[What is required]: Repeat, line for line, the entries below from the first line to the line containing "let size = (bits >> 6) % 200_000 + 1;", counting both ends.

Dataset items:
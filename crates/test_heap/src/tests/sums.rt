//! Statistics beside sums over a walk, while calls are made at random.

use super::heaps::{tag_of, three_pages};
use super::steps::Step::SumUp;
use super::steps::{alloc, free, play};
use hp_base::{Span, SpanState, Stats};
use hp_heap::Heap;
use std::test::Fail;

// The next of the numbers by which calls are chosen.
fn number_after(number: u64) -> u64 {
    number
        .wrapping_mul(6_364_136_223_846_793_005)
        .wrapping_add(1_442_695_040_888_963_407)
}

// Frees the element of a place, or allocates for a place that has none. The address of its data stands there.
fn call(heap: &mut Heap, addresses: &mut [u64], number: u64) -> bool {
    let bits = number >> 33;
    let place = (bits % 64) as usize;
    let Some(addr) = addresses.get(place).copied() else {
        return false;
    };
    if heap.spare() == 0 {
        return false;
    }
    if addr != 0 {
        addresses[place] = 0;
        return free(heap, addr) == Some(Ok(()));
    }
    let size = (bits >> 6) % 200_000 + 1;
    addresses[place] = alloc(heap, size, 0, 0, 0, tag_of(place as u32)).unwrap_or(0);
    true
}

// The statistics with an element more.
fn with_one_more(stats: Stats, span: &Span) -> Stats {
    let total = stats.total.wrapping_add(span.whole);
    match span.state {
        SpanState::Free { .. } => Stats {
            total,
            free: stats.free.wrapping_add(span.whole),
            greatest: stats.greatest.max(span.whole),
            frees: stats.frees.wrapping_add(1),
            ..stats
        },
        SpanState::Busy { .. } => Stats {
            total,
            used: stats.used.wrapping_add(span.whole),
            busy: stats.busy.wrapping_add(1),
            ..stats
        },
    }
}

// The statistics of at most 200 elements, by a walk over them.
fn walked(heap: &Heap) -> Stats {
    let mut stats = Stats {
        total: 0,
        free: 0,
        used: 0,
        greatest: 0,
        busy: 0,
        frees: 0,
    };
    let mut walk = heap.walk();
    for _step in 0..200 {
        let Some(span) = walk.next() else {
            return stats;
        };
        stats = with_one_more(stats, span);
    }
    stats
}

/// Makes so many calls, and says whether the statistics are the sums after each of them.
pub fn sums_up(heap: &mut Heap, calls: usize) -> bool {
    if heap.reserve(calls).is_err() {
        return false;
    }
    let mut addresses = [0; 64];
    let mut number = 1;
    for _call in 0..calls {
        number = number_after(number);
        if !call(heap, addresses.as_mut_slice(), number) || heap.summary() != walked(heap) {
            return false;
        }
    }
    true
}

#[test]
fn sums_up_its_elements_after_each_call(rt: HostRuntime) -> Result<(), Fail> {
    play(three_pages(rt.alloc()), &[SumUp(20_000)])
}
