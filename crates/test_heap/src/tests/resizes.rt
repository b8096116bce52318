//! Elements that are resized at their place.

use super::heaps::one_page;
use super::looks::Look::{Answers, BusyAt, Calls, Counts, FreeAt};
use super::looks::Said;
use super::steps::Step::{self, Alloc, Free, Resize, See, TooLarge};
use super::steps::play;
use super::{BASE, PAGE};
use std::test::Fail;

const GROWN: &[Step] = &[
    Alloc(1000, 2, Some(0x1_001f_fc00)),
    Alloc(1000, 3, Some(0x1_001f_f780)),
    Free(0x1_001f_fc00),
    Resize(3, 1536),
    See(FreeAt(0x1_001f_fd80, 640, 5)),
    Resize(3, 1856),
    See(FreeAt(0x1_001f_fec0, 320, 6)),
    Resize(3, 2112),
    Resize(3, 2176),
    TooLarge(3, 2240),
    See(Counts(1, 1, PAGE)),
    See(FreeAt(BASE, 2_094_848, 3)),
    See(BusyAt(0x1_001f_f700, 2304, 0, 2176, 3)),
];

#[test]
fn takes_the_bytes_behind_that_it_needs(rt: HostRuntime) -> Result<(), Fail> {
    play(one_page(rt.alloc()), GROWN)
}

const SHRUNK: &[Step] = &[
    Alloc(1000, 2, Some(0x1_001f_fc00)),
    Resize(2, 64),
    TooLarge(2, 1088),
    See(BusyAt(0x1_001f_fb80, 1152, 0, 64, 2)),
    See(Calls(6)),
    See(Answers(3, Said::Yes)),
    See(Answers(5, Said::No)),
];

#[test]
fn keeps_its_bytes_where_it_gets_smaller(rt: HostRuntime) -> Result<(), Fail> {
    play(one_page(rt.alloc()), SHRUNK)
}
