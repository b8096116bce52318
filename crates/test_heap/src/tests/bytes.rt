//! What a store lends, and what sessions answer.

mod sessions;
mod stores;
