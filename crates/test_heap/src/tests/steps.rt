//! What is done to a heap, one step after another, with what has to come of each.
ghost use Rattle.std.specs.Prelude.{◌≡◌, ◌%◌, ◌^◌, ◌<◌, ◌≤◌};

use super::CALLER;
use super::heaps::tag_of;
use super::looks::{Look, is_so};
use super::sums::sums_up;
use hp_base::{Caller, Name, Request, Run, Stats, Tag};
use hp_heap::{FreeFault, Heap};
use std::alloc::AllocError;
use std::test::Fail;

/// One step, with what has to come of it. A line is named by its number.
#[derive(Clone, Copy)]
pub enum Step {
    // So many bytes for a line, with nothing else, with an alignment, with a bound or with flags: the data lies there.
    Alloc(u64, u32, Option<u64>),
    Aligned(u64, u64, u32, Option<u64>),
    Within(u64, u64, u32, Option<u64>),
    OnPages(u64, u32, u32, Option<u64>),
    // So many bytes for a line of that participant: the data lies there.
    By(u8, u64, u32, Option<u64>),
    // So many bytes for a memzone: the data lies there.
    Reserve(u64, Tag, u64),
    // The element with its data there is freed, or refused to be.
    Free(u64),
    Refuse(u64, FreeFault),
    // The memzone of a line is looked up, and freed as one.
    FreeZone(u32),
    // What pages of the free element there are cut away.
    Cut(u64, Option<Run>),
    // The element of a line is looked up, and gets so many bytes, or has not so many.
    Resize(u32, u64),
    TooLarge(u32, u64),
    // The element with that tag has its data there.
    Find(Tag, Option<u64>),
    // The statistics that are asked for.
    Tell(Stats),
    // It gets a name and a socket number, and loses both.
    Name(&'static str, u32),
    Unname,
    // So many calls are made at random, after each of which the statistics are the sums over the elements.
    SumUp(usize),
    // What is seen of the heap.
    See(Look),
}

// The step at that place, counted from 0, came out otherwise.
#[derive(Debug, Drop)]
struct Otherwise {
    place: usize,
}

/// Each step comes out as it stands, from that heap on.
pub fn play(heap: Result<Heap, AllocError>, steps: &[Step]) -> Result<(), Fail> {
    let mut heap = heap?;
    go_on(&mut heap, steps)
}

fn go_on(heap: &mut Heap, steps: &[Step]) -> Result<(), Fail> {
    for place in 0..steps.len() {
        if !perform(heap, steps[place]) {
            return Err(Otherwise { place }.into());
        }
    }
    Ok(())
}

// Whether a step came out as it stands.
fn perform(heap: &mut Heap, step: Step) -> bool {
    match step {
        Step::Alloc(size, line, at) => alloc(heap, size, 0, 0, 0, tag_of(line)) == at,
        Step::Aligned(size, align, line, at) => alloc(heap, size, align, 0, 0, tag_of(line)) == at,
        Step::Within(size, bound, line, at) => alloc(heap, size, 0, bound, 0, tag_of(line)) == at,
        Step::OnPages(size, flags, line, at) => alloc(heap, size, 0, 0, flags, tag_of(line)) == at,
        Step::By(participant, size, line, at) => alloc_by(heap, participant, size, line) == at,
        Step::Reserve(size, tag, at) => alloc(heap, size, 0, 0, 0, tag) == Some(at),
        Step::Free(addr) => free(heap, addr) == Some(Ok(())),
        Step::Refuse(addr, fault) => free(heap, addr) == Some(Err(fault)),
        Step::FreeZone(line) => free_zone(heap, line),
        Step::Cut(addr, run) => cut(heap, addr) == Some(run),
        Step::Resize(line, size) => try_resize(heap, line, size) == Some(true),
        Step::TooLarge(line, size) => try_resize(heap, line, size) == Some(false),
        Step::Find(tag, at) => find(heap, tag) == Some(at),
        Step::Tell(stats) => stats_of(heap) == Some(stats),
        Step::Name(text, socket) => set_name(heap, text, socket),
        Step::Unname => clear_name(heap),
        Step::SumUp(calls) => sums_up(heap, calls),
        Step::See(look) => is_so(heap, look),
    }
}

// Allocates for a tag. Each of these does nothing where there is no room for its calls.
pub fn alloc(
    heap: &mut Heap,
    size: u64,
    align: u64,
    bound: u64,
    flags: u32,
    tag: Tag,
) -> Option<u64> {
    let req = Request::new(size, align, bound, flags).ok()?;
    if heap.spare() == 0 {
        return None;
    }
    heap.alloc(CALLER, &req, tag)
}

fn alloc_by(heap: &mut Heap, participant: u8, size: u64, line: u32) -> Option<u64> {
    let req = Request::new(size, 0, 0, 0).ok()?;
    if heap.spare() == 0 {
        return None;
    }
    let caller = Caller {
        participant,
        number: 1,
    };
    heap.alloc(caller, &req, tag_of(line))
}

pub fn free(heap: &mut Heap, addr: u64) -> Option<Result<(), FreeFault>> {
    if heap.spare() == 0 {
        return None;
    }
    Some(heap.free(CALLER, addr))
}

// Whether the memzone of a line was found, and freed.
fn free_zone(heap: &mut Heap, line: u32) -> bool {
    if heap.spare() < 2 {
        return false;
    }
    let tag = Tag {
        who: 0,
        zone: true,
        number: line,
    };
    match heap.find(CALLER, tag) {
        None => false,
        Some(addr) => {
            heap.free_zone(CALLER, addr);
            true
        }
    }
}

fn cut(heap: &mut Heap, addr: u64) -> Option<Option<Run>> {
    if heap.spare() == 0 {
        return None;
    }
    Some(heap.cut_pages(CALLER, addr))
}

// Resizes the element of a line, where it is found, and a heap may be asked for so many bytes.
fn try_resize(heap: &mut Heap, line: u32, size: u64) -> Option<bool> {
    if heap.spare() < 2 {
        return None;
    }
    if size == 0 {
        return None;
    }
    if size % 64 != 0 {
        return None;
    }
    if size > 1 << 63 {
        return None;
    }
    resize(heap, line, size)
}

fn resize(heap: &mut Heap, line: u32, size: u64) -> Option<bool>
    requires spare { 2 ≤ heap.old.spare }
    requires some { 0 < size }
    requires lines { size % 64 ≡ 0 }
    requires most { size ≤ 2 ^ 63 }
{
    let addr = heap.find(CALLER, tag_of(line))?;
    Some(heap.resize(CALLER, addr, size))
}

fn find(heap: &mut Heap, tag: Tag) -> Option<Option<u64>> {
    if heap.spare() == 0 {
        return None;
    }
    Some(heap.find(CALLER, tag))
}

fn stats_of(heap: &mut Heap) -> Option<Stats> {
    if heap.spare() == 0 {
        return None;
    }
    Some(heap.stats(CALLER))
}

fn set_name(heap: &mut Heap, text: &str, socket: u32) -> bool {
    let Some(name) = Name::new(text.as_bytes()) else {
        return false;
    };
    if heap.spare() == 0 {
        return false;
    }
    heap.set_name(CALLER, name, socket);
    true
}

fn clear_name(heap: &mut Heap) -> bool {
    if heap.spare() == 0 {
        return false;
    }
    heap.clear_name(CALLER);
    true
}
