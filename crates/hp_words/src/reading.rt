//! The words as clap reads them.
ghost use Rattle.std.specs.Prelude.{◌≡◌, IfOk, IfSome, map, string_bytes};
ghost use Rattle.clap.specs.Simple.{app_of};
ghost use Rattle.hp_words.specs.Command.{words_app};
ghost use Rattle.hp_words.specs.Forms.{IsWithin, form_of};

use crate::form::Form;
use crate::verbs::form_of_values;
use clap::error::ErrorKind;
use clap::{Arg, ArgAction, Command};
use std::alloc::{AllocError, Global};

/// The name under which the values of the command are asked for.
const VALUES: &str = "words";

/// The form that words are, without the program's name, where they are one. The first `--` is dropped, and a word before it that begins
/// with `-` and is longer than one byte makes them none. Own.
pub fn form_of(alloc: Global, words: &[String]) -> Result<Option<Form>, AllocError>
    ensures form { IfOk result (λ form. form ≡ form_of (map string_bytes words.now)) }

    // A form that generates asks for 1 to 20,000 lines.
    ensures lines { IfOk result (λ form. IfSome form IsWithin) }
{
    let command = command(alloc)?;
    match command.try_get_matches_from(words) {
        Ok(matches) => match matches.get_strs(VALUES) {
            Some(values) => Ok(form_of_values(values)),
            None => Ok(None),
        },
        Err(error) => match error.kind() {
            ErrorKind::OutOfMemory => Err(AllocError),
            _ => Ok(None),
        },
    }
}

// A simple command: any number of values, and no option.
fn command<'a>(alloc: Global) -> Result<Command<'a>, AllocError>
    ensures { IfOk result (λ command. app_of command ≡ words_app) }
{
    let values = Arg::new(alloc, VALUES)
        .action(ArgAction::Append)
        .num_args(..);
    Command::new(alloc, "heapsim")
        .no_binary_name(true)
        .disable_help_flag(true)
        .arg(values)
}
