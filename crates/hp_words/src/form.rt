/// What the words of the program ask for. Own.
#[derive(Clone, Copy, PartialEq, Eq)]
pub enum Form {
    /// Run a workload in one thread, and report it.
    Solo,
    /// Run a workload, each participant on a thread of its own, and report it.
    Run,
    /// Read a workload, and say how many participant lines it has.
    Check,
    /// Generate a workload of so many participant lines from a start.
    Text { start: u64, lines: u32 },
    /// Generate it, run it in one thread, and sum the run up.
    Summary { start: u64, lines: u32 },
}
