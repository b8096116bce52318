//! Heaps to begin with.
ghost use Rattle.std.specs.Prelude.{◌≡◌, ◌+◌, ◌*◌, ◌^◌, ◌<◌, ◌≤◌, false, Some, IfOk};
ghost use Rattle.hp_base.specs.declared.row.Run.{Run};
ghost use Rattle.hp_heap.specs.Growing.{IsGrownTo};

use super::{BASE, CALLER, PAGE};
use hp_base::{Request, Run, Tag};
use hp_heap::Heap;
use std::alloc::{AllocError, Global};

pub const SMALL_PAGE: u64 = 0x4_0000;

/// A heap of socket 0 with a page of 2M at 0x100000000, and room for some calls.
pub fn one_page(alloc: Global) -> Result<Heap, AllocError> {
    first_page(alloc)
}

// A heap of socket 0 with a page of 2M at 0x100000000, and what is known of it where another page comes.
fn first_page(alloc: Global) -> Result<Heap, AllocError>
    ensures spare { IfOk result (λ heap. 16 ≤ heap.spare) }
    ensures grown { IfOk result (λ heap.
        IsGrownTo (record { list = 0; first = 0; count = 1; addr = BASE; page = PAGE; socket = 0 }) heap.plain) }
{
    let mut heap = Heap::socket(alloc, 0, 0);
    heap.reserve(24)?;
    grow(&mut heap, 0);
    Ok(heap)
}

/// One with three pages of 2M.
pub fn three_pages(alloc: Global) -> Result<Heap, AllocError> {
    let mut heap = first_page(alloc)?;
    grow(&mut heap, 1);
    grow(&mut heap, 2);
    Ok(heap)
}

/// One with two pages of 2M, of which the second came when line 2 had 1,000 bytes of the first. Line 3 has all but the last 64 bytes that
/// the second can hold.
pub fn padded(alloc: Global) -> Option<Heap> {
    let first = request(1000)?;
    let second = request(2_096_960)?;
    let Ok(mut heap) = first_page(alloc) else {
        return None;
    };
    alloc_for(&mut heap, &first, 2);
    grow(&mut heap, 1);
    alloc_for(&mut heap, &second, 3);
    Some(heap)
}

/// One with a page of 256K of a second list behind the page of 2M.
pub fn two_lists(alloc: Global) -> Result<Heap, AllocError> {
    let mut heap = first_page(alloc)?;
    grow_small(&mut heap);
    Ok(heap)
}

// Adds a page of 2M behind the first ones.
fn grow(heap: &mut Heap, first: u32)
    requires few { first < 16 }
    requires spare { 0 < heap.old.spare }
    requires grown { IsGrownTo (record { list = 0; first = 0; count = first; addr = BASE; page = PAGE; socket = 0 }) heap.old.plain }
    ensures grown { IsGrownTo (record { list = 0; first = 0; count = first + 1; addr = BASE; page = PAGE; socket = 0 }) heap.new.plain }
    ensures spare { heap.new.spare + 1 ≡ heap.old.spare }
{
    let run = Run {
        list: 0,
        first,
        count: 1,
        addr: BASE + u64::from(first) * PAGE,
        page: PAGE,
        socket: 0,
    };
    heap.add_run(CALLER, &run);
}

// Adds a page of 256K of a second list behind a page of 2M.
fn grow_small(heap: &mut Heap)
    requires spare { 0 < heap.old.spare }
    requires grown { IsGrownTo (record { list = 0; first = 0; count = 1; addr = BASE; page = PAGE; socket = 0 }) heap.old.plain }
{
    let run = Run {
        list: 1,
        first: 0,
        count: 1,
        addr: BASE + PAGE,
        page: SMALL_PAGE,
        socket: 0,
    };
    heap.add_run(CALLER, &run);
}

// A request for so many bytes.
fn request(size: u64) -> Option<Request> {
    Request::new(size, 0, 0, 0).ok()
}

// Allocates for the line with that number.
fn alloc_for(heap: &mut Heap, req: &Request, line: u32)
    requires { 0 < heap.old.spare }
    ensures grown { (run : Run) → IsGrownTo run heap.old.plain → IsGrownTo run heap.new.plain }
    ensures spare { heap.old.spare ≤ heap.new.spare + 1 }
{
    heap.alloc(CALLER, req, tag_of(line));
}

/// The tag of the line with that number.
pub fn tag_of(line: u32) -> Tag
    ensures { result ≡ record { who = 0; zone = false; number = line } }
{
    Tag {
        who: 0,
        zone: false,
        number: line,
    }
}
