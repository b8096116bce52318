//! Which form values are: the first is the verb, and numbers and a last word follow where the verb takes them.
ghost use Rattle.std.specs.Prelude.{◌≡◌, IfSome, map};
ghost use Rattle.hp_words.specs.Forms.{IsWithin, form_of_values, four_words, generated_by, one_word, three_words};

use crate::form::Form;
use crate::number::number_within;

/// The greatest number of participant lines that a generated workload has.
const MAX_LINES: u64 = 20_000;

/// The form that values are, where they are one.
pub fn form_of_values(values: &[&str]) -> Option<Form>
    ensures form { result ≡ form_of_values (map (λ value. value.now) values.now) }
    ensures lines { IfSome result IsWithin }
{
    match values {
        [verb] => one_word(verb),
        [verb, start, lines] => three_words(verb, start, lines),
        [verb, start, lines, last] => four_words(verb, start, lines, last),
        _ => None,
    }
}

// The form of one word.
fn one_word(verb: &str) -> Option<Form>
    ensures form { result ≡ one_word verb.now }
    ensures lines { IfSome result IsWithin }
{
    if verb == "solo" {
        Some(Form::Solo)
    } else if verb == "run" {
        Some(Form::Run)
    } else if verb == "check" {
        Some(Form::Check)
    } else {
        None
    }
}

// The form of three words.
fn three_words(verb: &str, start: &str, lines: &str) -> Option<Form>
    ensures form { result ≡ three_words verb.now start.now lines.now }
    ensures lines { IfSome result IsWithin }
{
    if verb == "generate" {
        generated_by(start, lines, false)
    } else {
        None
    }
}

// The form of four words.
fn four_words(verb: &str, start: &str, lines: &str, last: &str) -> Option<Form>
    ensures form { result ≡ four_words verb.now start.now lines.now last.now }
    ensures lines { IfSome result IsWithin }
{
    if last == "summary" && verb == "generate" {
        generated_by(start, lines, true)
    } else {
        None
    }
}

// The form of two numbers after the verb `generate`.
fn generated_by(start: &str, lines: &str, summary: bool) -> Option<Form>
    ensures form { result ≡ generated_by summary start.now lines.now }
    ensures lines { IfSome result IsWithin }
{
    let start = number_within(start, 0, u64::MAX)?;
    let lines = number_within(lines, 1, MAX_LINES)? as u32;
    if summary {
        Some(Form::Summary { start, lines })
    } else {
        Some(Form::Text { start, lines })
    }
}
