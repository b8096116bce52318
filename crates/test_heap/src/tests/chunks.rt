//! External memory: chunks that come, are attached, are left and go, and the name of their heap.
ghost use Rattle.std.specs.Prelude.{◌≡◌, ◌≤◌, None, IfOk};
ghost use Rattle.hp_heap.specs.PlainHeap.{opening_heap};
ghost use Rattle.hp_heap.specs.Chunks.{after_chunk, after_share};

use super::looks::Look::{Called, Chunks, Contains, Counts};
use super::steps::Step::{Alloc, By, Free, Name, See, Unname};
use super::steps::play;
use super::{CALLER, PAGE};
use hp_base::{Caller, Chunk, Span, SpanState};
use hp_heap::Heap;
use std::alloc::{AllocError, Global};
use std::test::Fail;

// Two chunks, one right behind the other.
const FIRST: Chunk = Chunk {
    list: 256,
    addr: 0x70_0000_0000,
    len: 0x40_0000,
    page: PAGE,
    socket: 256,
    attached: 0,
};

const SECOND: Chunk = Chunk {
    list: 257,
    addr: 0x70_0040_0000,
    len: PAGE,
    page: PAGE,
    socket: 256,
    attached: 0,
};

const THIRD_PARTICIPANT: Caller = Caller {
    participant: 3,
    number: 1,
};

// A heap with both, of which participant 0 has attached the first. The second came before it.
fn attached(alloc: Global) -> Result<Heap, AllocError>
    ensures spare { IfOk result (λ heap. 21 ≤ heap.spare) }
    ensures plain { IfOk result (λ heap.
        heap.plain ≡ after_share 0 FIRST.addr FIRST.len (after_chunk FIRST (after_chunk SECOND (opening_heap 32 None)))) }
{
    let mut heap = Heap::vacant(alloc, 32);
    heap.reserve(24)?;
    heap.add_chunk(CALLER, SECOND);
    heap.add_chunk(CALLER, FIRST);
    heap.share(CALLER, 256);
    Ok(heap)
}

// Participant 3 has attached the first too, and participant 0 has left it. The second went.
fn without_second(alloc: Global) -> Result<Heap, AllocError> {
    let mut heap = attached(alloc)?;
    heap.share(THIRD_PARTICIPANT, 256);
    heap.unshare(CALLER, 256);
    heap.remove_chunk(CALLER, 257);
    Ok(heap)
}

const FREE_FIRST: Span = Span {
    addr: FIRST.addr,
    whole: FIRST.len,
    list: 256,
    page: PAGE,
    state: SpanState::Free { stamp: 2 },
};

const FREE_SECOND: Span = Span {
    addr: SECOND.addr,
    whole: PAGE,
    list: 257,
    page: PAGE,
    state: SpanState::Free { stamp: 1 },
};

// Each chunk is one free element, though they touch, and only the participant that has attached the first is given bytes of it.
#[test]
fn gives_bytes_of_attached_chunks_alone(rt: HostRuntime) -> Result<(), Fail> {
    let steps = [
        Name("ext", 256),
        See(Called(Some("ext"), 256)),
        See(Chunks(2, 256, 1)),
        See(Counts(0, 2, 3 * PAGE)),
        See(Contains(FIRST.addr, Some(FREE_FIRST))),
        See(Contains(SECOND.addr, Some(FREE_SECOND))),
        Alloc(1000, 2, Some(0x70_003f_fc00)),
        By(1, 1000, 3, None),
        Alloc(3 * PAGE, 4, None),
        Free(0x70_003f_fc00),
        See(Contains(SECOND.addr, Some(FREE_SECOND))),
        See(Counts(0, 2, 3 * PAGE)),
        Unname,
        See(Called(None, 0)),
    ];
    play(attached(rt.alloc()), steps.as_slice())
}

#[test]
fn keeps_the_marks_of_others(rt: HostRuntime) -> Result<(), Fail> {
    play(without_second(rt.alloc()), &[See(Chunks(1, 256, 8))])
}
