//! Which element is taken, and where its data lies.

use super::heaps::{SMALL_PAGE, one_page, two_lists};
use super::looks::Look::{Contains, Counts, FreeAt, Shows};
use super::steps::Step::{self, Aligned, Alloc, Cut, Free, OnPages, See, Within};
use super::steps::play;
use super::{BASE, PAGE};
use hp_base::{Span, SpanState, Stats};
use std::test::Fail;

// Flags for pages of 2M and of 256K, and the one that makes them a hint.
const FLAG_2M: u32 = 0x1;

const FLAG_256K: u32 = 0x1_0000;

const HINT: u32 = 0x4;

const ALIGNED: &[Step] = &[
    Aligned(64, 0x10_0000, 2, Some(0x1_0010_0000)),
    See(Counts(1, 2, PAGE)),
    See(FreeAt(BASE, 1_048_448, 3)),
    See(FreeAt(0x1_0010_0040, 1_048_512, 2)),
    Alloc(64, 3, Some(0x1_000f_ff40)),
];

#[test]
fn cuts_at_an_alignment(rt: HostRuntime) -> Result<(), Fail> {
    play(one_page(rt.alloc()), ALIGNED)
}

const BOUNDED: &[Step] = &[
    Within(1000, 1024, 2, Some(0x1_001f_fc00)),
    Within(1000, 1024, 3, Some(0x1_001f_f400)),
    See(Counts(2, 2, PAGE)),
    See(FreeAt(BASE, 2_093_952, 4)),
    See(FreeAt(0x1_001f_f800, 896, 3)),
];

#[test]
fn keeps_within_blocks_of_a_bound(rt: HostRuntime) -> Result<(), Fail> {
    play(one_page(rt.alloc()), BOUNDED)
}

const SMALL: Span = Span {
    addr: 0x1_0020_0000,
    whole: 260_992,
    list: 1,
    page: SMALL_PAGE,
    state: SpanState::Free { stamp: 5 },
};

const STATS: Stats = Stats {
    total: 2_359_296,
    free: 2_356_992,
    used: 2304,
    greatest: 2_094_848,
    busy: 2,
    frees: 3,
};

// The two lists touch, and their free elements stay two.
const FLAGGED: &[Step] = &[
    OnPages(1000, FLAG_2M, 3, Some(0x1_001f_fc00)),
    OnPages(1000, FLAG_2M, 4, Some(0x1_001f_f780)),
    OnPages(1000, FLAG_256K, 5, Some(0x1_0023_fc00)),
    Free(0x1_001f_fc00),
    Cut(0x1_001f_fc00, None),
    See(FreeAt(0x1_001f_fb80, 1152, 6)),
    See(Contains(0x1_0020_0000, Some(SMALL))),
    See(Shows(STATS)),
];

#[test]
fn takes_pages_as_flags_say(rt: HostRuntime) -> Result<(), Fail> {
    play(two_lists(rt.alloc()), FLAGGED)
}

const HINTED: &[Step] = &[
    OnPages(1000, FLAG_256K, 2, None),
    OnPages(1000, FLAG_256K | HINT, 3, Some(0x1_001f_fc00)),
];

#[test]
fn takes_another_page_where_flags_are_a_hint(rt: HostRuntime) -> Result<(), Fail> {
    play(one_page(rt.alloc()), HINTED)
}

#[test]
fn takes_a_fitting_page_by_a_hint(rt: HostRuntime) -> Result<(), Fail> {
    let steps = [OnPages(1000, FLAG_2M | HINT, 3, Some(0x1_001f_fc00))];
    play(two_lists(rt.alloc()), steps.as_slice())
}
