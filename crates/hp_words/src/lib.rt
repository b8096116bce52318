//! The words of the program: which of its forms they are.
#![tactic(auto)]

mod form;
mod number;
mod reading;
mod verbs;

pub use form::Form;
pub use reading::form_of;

[Completed task]:
filename crates/test_heap/src/tests/sums.rt
//! Statistics beside sums over a walk, while calls are made at random.

use super::heaps::{tag_of, three_pages};
use super::steps::Step::SumUp;
use super::steps::{alloc, free, play};
use hp_base::{Span, SpanState, Stats};
use hp_heap::Heap;
use std::test::Fail;

// The next of the numbers by which calls are chosen.
fn number_after(number: u64) -> u64 {
    number
        .wrapping_mul(6_364_136_223_846_793_005)
        .wrapping_add(1_442_695_040_888_963_407)
}

// Frees the element of a place, or allocates for a place that has none. The address of its data stands there.
fn call(heap: &mut Heap, addresses: &mut [u64], number: u64) -> bool {
    let bits = number >> 33;
    let place = (bits % 64) as usize;
    let Some(addr) = addresses.get(place).copied() else {
        return false;
    };
    if heap.spare() == 0 {
        return false;
    }
    if addr != 0 {
        addresses[place] = 0;
        return free(heap, addr) == Some(Ok(()));
    }
    let size = (bits >> 6) % 200_000 + 1;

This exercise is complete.